**Exercise instructions**
Lines that include the string "leaves" are the ones to copy from the entries below.

**Saved data entries**
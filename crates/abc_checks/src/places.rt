ghost use Rattle.std.specs.Prelude.{◌≡◌, ℕ, ◌<◌, ◌≤◌, length, map, take, IfOk, vec_len, slice_index};
ghost use Rattle.abc_pred.specs.Maps.{lists};
ghost use Rattle.abc_term.specs.Standing.{definitions_of};
ghost use Rattle.abc_term.specs.Guarded.{defines};
ghost use Rattle.abc_checks.specs.Parts.{place_of};
ghost use Rattle.abc_checks.specs.Firsts.{first_place};

use crate::names::names_of;
use abc_pred::Name;
use abc_term::Program;
use abc_value::NoMemory;
use std::alloc::Global;

/// Names, with the place of the first of each among them.
#[derive(Drop)]
struct Firsts {
    names: Vec<Name>,
    numbers: Vec<usize>,
    ghost right: { (k : ℕ) → k < vec_len numbers →
        slice_index numbers.items k ≡ first_place names.items (record { 0 = k }) },
}

/// The place of the first of the name, looked for from the front.
fn place_from_front(names: &[Name], name: Name) -> usize
    ensures { result ≡ first_place names.now name }
{
    let mut i = 0;
    while i < names.len() {
        if names[i] == name {
            return i;
        }
        i += 1;
    }
    i
}

/// The place of the first of each name below `count`.
fn numbers(alloc: Global, names: &[Name], count: usize) -> Result<Vec<usize>, NoMemory>
    ensures len { IfOk result (λ v. vec_len v ≡ count) }
    ensures right { IfOk result (λ v. (k : ℕ) → k < count → slice_index v.items k ≡ first_place names.now (record { 0 = k })) }
{
    let mut numbers = vec![in alloc; names.len(); count]?;
    let mut i = names.len();
    while i > 0 {
        i -= 1;
        let name = names[i].0 as usize;
        if name < numbers.len() {
            numbers[name] = i;
        }
    }
    Ok(numbers)
}

impl Firsts {
    /// The place of a name below `count` is found at once.
    fn of(alloc: Global, names: Vec<Name>, count: usize) -> Result<Firsts, NoMemory>
        ensures { IfOk result (λ f. f.names.items ≡ names.items) }
    {
        let numbers = numbers(alloc, &names, count)?;
        Ok(Firsts { names, numbers })
    }

    /// The place of the first of the name; the number of all names where it isn't one of them.
    fn place(&self, name: Name) -> usize
        ensures { result ≡ first_place self.now.names.items name }
    {
        match self.numbers.get(name.0 as usize) {
            Some(place) => *place,
            None => place_from_front(&self.names, name),
        }
    }
}

/// The definitions and components of a program with, for each name, the place of its first one among them.
#[derive(Drop)]
pub struct Places<'p> {
    pub program: &'p Program,
    definitions: Firsts,
    components: Firsts,
    ghost of_definitions: { definitions.names.items ≡ map (λ d. d.name) program.now.definitions },
    ghost of_components: { components.names.items ≡ map (λ C. C.name) program.now.components },
}

impl<'p> Places<'p> {
    /// The places of the program's definitions and components. That of a name of its list is found at once.
    pub fn of(alloc: Global, program: &'p Program) -> Result<Places<'p>, NoMemory>
        ensures { IfOk result (λ p. p.program.now ≡ program.entry.now) }
    {
        let defined = names_of(alloc, program.definitions.as_slice())?;
        let definitions = Firsts::of(alloc, defined, program.names.len())?;
        let named = names_of(alloc, program.components.as_slice())?;
        let components = Firsts::of(alloc, named, program.names.len())?;
        Ok(Places {
            program,
            definitions,
            components,
        })
    }

    /// The number of the first definition of the name; that of all definitions where none has it.
    pub fn place(&self, name: Name) -> usize
        ensures { result ≡ place_of (definitions_of self.now.program.now.definitions) name }
    {
        self.definitions.place(name)
    }

    /// Whether a definition has the name.
    #[tactic(auto, using(crate::proofs::NamesMet::defines_by_place))]
    pub fn defines(&self, name: Name) -> bool
        ensures { result ≡ defines (definitions_of self.now.program.now.definitions) name }
    {
        self.place(name) < self.program.definitions.len()
    }

    /// Whether one of the definitions before the number has the name.
    pub fn defines_before(&self, at: usize, name: Name) -> bool
        requires { at ≤ length self.now.program.now.definitions }
        ensures { result ≡ lists (map (λ d. d.name) (take at self.now.program.now.definitions)) name }
    {
        self.definitions.place(name) < at
    }

    /// Whether one of the components before the number has the name.
    pub fn has_component_before(&self, at: usize, name: Name) -> bool
        requires { at ≤ length self.now.program.now.components }
        ensures { result ≡ lists (map (λ C. C.name) (take at self.now.program.now.components)) name }
    {
        self.components.place(name) < at
    }
}
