//! Whether a predicate reads the receiver's attributes alone.
ghost use Rattle.std.specs.Prelude.{◌↔◌, IsTrue};
ghost use Rattle.abc_pred.specs.Meaning.{IsClosed, IsClosedOperand};
ghost use Rattle.abc_pred.specs.Standing.{operand_of, pred_of};

use abc_pred::{Operand, Pred};

/// Whether an operand has no own attribute and no variable.
fn is_closed_operand(operand: &Operand) -> bool
    ensures { IsTrue result ↔ IsClosedOperand (operand_of operand.now) }
{
    match operand {
        Operand::Literal(_) => true,
        Operand::Attr(_) => true,
        Operand::This(_) => false,
        Operand::Var(_) => false,
        Operand::Add(left, right) => is_closed_operand(left) && is_closed_operand(right),
        Operand::Sub(from, taken) => is_closed_operand(from) && is_closed_operand(taken),
        Operand::Mul(left, right) => is_closed_operand(left) && is_closed_operand(right),
        Operand::Size(of) => is_closed_operand(of),
        Operand::Free(of) => is_closed_operand(of),
    }
}

/// Whether a predicate has no own attribute and no variable.
pub(crate) fn is_closed(pred: &Pred) -> bool
    ensures { IsTrue result ↔ IsClosed (pred_of pred.now) }
{
    match pred {
        Pred::True => true,
        Pred::False => true,
        Pred::Same(left, right) => is_closed_operand(left) && is_closed_operand(right),
        Pred::Less(left, right) => is_closed_operand(left) && is_closed_operand(right),
        Pred::Member(left, right) => is_closed_operand(left) && is_closed_operand(right),
        Pred::Not(of) => is_closed(of),
        Pred::And(left, right) => is_closed(left) && is_closed(right),
        Pred::Or(left, right) => is_closed(left) && is_closed(right),
    }
}
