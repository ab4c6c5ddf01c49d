ghost use Rattle.std.specs.Prelude.{◌≡◌, [], slice_index_or};

use abc_value::{List, NoMemory};
use std::alloc::Global;

/// The nodes to which the node has arrows.
pub fn arrows_of(graph: &[List<usize>], node: usize) -> &[usize]
    ensures { result.now ≡ slice_index_or graph.now node [] }
{
    match graph.get(node) {
        Some(arrows) => arrows.as_slice(),
        None => &[],
    }
}

/// A walk along the arrows of a graph, depth first.
#[derive(Drop)]
pub struct Walk {
    /// The level that each node was given as it was met; 0 where it wasn't.
    pub levels: Vec<usize>,
    /// The nodes that were left, since each of their arrows had been followed, in that order.
    pub left: Vec<usize>,
    /// The way to the node that the walk has come to, with how many arrows of each were followed.
    way: Vec<(usize, usize)>,
}

impl Walk {
    /// Goes on to the node, where it wasn't met before, and gives it the level.
    fn meet(&mut self, node: usize, level: usize) -> Result<(), NoMemory> {
        if let Some(0) = self.levels.get(node) {
            self.way.push((node, 0))?;
            self.levels[node] = level;
        }
        Ok(())
    }

    /// Follows one more arrow of the node that the walk has come to, or leaves it where there is none, and
    /// says whether there was such a node.
    fn step(&mut self, graph: &[List<usize>], level: usize) -> Result<bool, NoMemory> {
        let Some((node, followed)) = self.way.pop() else {
            return Ok(false);
        };
        match arrows_of(graph, node).get(followed) {
            Some(next) => {
                self.way.push((node, followed.saturating_add(1)))?;
                self.meet(*next, level)?;
            }
            None => self.left.push(node)?,
        }
        Ok(true)
    }

    /// Meets what the root leads to. Each step follows an arrow or leaves a node, so it ends long before the
    /// range does.
    fn go_from(
        &mut self,
        graph: &[List<usize>],
        root: usize,
        level: usize,
    ) -> Result<(), NoMemory> {
        self.meet(root, level)?;
        for _ in 0..usize::MAX {
            if !self.step(graph, level)? {
                break;
            }
        }
        Ok(())
    }

    /// Walks from each of the roots in turn. The level of what is met is the number of the root, from 1.
    pub fn of(alloc: Global, graph: &[List<usize>], roots: &[usize]) -> Result<Walk, NoMemory> {
        let mut walk = Walk {
            levels: vec![in alloc; 0; graph.len()]?,
            left: Vec::new(alloc),
            way: Vec::new(alloc),
        };
        for (number, root) in roots.iter().enumerate() {
            walk.go_from(graph, *root, number.saturating_add(1))?;
        }
        Ok(walk)
    }
}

**Written reply**
    /// Follows one more arrow of the node that the walk has come to, or leaves it where there is none, and
    /// Meets what the root leads to. Each step follows an arrow or leaves a node, so it ends long before the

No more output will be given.